Deborah Lucas, the Congressional Budget Office's chief economist, agreed. She said policymakers would have to decide whether to charge firms a systemic-risk fee in addition to normal premiums.

"The guarantee creates a wedge between the value of operating assets and the market value of debt and equity equal to the present value of the future stream of income generated by the guarantee," Lucas said at the conference.

HYBRID MODEL
Also on the table is a plan where the private sector would assist the government in creating the insurance backstop. The idea is the private market is better equipped than the government to price risk, but the influence of Uncle Sam would still bolster liquidity in the market. Supporters of such a hybrid approach include the National Association of Home Builders.

Observers have said a public-private structure could reduce moral hazard and mitigate the government's burden.

A benefit of the plan "is while the private sector controls quality of the risk creation, it also bears the risk, so there is a good alignment of incentives," Viral Acharya, a finance professor at New York University, said at the University of Maryland conference.

NATIONALIZATION
Others have pushed for a more substantial role for the government, making the implicit guarantees the GSEs have received for so long more transparent.

Under this approach, Fannie and Freddie would essentially become permanent wards of the government.

Bill Gross, co-founder and co-chief investment officer of Pacific Investment Management Co., has been more specific, proposing that the government create a super-GSE of sorts by merging Fannie and Freddie into Ginnie Mae.

Bert Ely, an independent analyst based in Alexandria, Va., said that such explicit government backing for MBS "means effectively that it is government debt, and in effect we will have fully nationalized, or largely nationalized, the American housing finance marketplace."

PUBLIC UTILITIES
Under this plan, Fannie and Freddie would be eliminated and replaced by private-sector guarantors regulated like public utilities. The most prominent advocate for this model so far has been former Treasury Secretary Henry Paulson, who in January 2009 said creating utility-like entities to guarantee home loans "could be the best way to resolve the inherent conflict between public purpose and private gain."

PRIVATIZATION
Meanwhile, some have taken the approach that there should be no government support in housing. Yet they do not offer any alternatives.

In a recent paper, the American Enterprise Institute's Peter Wallison, Edward Pinto and Alex Pollock argued that many of the proposals for reforming GSEs still preserve a government role.

"It is a very serious problem if we are going to try to develop a system that looks anything like the system we had before," Wallison said at an AEI conference last week.

Republicans in Congress who support privatization are pushing legislation to wind down Fannie and Freddie within five years. "We need to let the market determine the risk premium and not the government," Neugebauer said.

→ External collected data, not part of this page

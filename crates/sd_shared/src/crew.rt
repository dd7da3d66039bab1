//! The writers of a checkpoint.
use crate::hold::Hold;
use crate::next::Next;
use crate::ordering::OneOrder;
use crate::owed_call::OwedCall;
use crate::reports::Reports;
use crate::shared::Shared;
use sd_command::{Refusal, Reply};
use sd_disk::Disk;
use sd_gate::Worker;
use sd_relay::{Errand, Writer};
use std::sync::{Condvar, Mutex, Wait};

/// What the writers of a checkpoint share: each makes writes of data pages and hands their outcomes in, and reports the
/// thread that takes the writes up.
#[derive(Drop)]
pub(crate) struct Crew<'a, R, D: Drop, H> {
    rt: &'a R,
    shared: &'a Shared<D>,
    hold: &'a H,
    reports: Mutex<Reports>,
    reported: Condvar,
}

impl<'a, R: Wait, D: Disk + Drop, H: Hold> Crew<'a, R, D, H> {
    ghost use Rattle.sd_gate.specs.declared.worker.Worker.TheVariants as its;
    ghost use Rattle.sd_shared.specs.Turns.{AreRefused, IsAnsweredCall, Orders, TakesStep, taken_of};

    /// Writers who have nothing to report yet.
    pub(crate) fn new(rt: &'a R, shared: &'a Shared<D>, hold: &'a H) -> Self {
        Crew {
            rt,
            shared,
            hold,
            reports: Mutex::new(Reports::new()),
            reported: Condvar::new(),
        }
    }

    /// The runtime of their threads.
    pub(crate) fn rt(&self) -> &'a R {
        self.rt
    }

    /// Begins a checkpoint of so many rounds. Returns the reply, and its number among the jobs of the dumper.
    pub(crate) fn begin(&self, one: OneOrder, rounds: u64) -> (Reply, u64)
        ensures { Orders its.Dumper rounds result.0 result.1 }
    {
        self.shared.begin(self.rt, one, Worker::Dumper, rounds)
    }

    /// What is next of the checkpoint with this number.
    pub(crate) fn take_up(&self, job: u64) -> Next
        ensures { TakesStep its.Dumper job (taken_of result) }
    {
        self.shared.take_up(self.rt, Worker::Dumper, job)
    }

    /// Makes a device call, the hold's with this number, and hands its outcome in.
    pub(crate) fn call(&self, number: u64, owed: OwedCall) -> Reply
        ensures { IsAnsweredCall D.contents owed.request.id result }
    {
        self.shared.call_device(self.rt, self.hold, number, owed)
    }

    /// How many writes the writers have made.
    pub(crate) fn made(&self) -> u64 {
        self.reports.lock(self.rt).made
    }

    /// Waits until they have made more than so many.
    pub(crate) fn await_more(&self, made: u64) {
        let _reports = self.reported.wait_while(
            self.rt,
            self.reports.lock(self.rt),
            |reports| reports.made == made,
        );
    }

    /// Why the first write was refused that was.
    pub(crate) fn into_refused(self) -> Option<Refusal>
        ensures { AreRefused result }
    {
        self.reports.into_inner().into_refused()
    }
}

impl<R: Wait, D: Disk + Drop, H: Hold> Writer for Crew<'_, R, D, H> {
    ghost use Rattle.sd_command.specs.declared.reply.Reply.{Reply as Told};
    ghost use Rattle.sd_shared.specs.Turns.{IsAnsweredCall};

    fn write(&self, errand: Errand)
        ensures called { (answer : Told) × IsAnsweredCall D.contents errand.request.id answer }
    {
        let Errand { call, request } = errand;
        let reply = self.call(call, OwedCall::new(request));
        self.reports.lock(self.rt).take(&reply);
        self.reported.notify_one();
    }
}
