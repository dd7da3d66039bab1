use crate::owed_call::OwedCall;
use sd_command::Reply;

/// What is next of a worker's job. It can't be dropped, as its device call can't.
pub(crate) enum Next {
    /// A step was made, with this reply.
    Step(Reply),
    /// The write of a data page, which may be made beside others.
    PageWrite(OwedCall),
    /// Another device call, which is made before the next step.
    Call(OwedCall),
}
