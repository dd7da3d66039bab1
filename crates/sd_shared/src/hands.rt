ghost use Rattle.std.specs.Prelude.{◌≡◌};
ghost use Rattle.sd_command.specs.declared.reply.Reply.{Reply as Told};

use sd_command::Reply;

/// What a worker's job is made with, and what was answered last.
pub(crate) trait Hands {
    /// Whether a reply may be one to a step of this job, or to a call of its own.
    ghost is_told: { Self → Told → Type 0 };

    /// The last reply.
    ghost last: { Self → Told };

    /// Makes its next step, or its next device call.
    fn go_on(&mut self)
        ensures same { (reply : Told) → is_told self.new reply → is_told self.old reply }
        ensures told { is_told self.old (last self.new) };

    /// The last reply.
    fn last(&self) -> &Reply
        ensures { result.now ≡ last self.now };

    /// The last reply, of a job that is over.
    fn into_last(self) -> Reply
        ensures { result ≡ last self };
}
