//! Why a stream isn't written.

use std::io;
use thiserror::Error;

/// Why a stream isn't written, or no further.
#[derive(Debug, Drop, Error)]
pub enum WriteError {
    /// The base's number is 0.
    #[error("base without a number")]
    BaseWithoutNumber,
    /// An image has no bytes, or more than `MAX_FILE_LEN`.
    #[error("image of {0} bytes")]
    Length(u64),
    /// Bytes of an image are left, that are to come first.
    #[error("bytes of an image are left")]
    BytesLeft,
    /// An image hasn't so many bytes left.
    #[error("too many bytes of an image")]
    TooManyBytes,
    /// A checkpoint has no image.
    #[error("checkpoint {0} without an image")]
    WithoutImages(u64),
    /// A checkpoint's number isn't above the one before.
    #[error("checkpoint {0} isn't above the one before")]
    NotAbove(u64),
    /// The end comes before images are acknowledged.
    #[error("images without a checkpoint")]
    ImagesLeft,
    /// The output can't be written.
    #[error("cannot write the stream: {0}")]
    Output(io::Error),
    /// The output failed before.
    #[error("the output failed")]
    Failed,
}
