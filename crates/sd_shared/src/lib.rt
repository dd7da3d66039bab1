//! A core and its disk behind two locks: threads store, workers make device calls, and afterwards the journal proves to
//! each what it was answered.
#![tactic(auto)]

mod booked;
mod crew;
mod driving;
mod hands;
mod hold;
mod job;
mod jobs;
mod next;
mod ordering;
mod owed_call;
mod relayed_dump;
mod reports;
mod running;
mod seat;
mod shared;
mod thaw;
mod turning;
mod waits_ended;
mod waking;

pub use hold::Hold;
pub use seat::Seat;
pub use shared::Shared;
pub use thaw::Thaw;
pub use waits_ended::WaitsEnded;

Many counter that fully privatizing the market — and removing any explicit guarantees — may, ironically, perpetuate the risks that have plagued the system thus far. "There is concern that a policy of 'no guarantees' could be interpreted as a return to implicit guarantees," said Lucas at the Congressional Budget Office.

COVERED BONDS
Another plan would be to foster a more robust covered-bond market. Unlike securitization, in which an originator no longer holds an original loan, a covered bond issued by a bank provides liquidity and is backed by loans that stay on the balance sheet.

The bank can replace the collateral with new loans if the original assets stop performing.

Bank of America Corp. is among the advocates of a plan to establish a national covered-bond market.